Kiki’s Big Dream Experiment - Week 6 - Addiction

Week 6 of Kiki’s Big Dream Experiment

Hey Dreamer,

I’ve made it halfway through Kiki’s Big Dream Experiment! What a great milestone to hit. The halfway point always feels strange because there is a certain expectation of feeling like I have to be at the peak of my progress. It can feel disheartening if I don’t feel like I’m at that peak - but the funny thing is, I don’t necessarily know what that peak would feel like. So - how do I know whether I’ve hit it or not?

I must remember that the journey is not linear. It’s complex and full of unknowns. This week’s theme was Addiction. It has been really helpful over the past 6 weeks to focus on singular themes because I have started to recognise how they show up in my life. How better to explore my relationship to Addiction than to write about it and create using it as inspiration.

This week helped me uncover many addictions that others, I think, would not say are addictions. They feel like addictions to me - so dealing with them using techniques that help people with addiction seems like a very obvious and reasonable thing to do. I was right. I noticed how some of these addictions affected me and others, so I started conversations that addressed why I was feeling addicted to certain behaviours.

Guess what? It really helped. Yes, it was difficult to be vulnerable and admit that I deal with addiction. This all might sound pretty heavy to admit - and it is in one way - but it also seems silly to explain it when I get into the details. That’s what has been so difficult about this week. Trying to balance talking about addiction as it shows up for me in a way that others can understand, while also recognising that it is different to how addiction presents in other people.

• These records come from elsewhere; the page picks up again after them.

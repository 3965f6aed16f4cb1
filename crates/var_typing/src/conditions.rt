//! Conditions, with their terms typed from left to right.
ghost use Rattle.std.specs.Prelude.{◌≡◌, ◌++◌, flat_map, length, map, option_map, [], ◌∷◌, OnOk};
ghost use Rattle.view_def.specs.Conditions.{AnyOf, AllOf, Compares, condition_of, conditions_of};
ghost use Rattle.view_def.specs.RawConditions.{raw_of, raws};
ghost use Rattle.var_typing.specs.Folds.{SameOthers};
ghost use Rattle.var_typing.specs.Refusals.{Answers};
ghost use Rattle.var_typing.specs.Terms.{term_folds, terms_fault, typed_term, terms_in, terms_in_each, terms_in_filter, typed_condition, typed_conditions};

use crate::TypeFault;
use crate::folds::Fold;
use crate::scope::Scope;
use crate::terms::type_term;
use std::alloc::Global;
use view_def::{Cond, Op, RawCond, RawTerm};

/// The condition of a view, where it has one.
pub(crate) fn type_filter(
    alloc: Global,
    scope: &Scope<'_>,
    folds: &mut Vec<Fold>,
    filter: &Option<RawCond>,
) -> Result<Option<Cond>, TypeFault>
    requires { scope.now.visible ≡ length scope.now.decls.now }
    ensures { let ds = scope.now.decls.now in let c = option_map raw_of filter.now in
        Answers (option_map condition_of) (terms_fault ds folds.old.items (terms_in_filter c))
        (option_map (typed_condition ds) c) result }
{
    match filter {
        None => Ok(None),
        Some(condition) => Ok(Some(type_condition(alloc, scope, folds, condition)?)),
    }
}

#[cycle(condition)]
fn type_condition(
    alloc: Global,
    scope: &Scope<'_>,
    folds: &mut Vec<Fold>,
    condition: &RawCond,
) -> Result<Cond, TypeFault>
    requires { scope.now.visible ≡ length scope.now.decls.now }
    ensures answer { let ds = scope.now.decls.now in let c = raw_of condition.now in
        Answers condition_of (terms_fault ds folds.old.items (terms_in c)) (typed_condition ds c) result }
    ensures taken { let more = flat_map (term_folds scope.now.decls.now) (terms_in (raw_of condition.now)) in
        OnOk result (SameOthers (folds.old.items ++ more) folds.new.items) }
{
    match condition {
        RawCond::Any(members) => Ok(any_of(type_members(alloc, scope, folds, members)?)),
        RawCond::All(members) => Ok(all_of(type_members(alloc, scope, folds, members)?)),
        RawCond::Not(held) => {
            let held = type_condition(alloc, scope, folds, held)?;
            Ok(Cond::Not(Box::new(alloc, held)?))
        }
        RawCond::Compare(left, op, right) => type_comparison(scope, folds, left, *op, right),
    }
}

#[cycle(condition)]
fn type_members(
    alloc: Global,
    scope: &Scope<'_>,
    folds: &mut Vec<Fold>,
    members: &[RawCond],
) -> Result<Vec<Cond>, TypeFault>
    requires { scope.now.visible ≡ length scope.now.decls.now }
    ensures answer { let ds = scope.now.decls.now in let cs = raws (map raw_of members.now) in
        Answers (λ v. conditions_of (map condition_of v.items)) (terms_fault ds folds.old.items (terms_in_each cs))
        (typed_conditions ds cs) result }
    ensures taken { let terms = terms_in_each (raws (map raw_of members.now)) in
        OnOk result (SameOthers (folds.old.items ++ flat_map (term_folds scope.now.decls.now) terms) folds.new.items) }
{
    let mut typed = Vec::new(alloc);
    for member in members {
        let member = type_condition(alloc, scope, folds, member)?;
        typed.push(member)?;
    }
    Ok(typed)
}

fn any_of(members: Vec<Cond>) -> Cond
    ensures { condition_of result ≡ AnyOf (conditions_of (map condition_of members.items)) }
{
    Cond::Any(members)
}

fn all_of(members: Vec<Cond>) -> Cond
    ensures { condition_of result ≡ AllOf (conditions_of (map condition_of members.items)) }
{
    Cond::All(members)
}

fn type_comparison(
    scope: &Scope<'_>,
    folds: &mut Vec<Fold>,
    left: &RawTerm,
    op: Op,
    right: &RawTerm,
) -> Result<Cond, TypeFault>
    requires { scope.now.visible ≡ length scope.now.decls.now }
    ensures answer { let ds = scope.now.decls.now in
        Answers condition_of (terms_fault ds folds.old.items (left.now ∷ right.now ∷ []))
        (Compares (typed_term ds left.now) op (typed_term ds right.now)) result }
    ensures taken { let more = flat_map (term_folds scope.now.decls.now) (left.now ∷ right.now ∷ []) in
        OnOk result (SameOthers (folds.old.items ++ more) folds.new.items) }
{
    let left = type_term(scope, folds, left)?;
    let right = type_term(scope, folds, right)?;
    Ok(Cond::Compare(left, op, right))
}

Before I get into it - I want to share this week’s content pieces with you.

Tue · 11th Nov:

  • Podcast Episode on Spotify - Episode 6 - Addiction - This week’s topic of Addiction allowed me to tease out the complexities of addiction when applying it to seemingly painless activities

  • Newsletter on LinkedIn - We Are Addicted to Work · November 11th, 2025 - It has become normalised to kill ourselves at work because we are being rewarded for doing so. It is an addiction forced upon us by a system that thrives on us giving 110% every day

  • Live on TikTok - KBDE #6 - Addiction - A personal and interactive discussion of the topic of Addiction

  • Video on YouTube - Kiki's Big Dream Experiment - TikTok Live - Episode 6 - Addiction - A recording of my TikTok Live on the theme of Addiction

Wed · 12th Nov:

  • Board on Pinterest - KBDE - Week 6 - Addiction - A collection of pins linked to my content for Week 6

  • Stream on Twitch - KBDE 💥 Borderlands 4 - Part 6 - Week 6’s Borderlands 4 stream

  • Video on YouTube - KBDE 💥 Borderlands 4 - Part 6 - A recording of my Twitch livestream of Borderlands 4

Thu · 13th Nov:

  • Post on Substack - Being Addicted To Suffering - There is safety in routine and sameness, but it can also be addictive to keep the status quo and not disrupt things even though it can be so much better to disrupt things

Fri · 14th Nov:

  • Post on Instagram - A Week for Haiku - Over a week, I feel routine spiralling thoughts coming up that hold me back. Recognising them and reframing them positively really helps - so that’s what I wanted to do with this week’s poem

Sun · 16th Nov:

  • Blog on my Website - Kiki’s Big Dream Experiment - Week 6 - Addiction - My wrap-up post for the week

I have talked about my 9th piece of content a lot over the past few weeks. During the week, I started reading The Artist’s Way, and I decided that I wanted to try the coursework it provides. This will help me create my 9th piece of content - which I plan to retrospectively fill in for the past 6 weeks. I have started this process, and I’m still teasing out how to integrate it to Kiki’s Big Dream Experiment. It feels like a really compelling exercise to do and to report on. I want to share what I can from the experience.

Reflection on Week 6

Addiction is Complex

The concept of addiction is understood in different ways. Most understanding tends to pathologise addicts as being inherently at fault. That’s what society’s view of addicts is. It’s much deeper than that because addiction forms because there is a rewarding outcome of the undesired behaviour, and that has turned into a bad habit, which in turn has become a bad survival mechanism.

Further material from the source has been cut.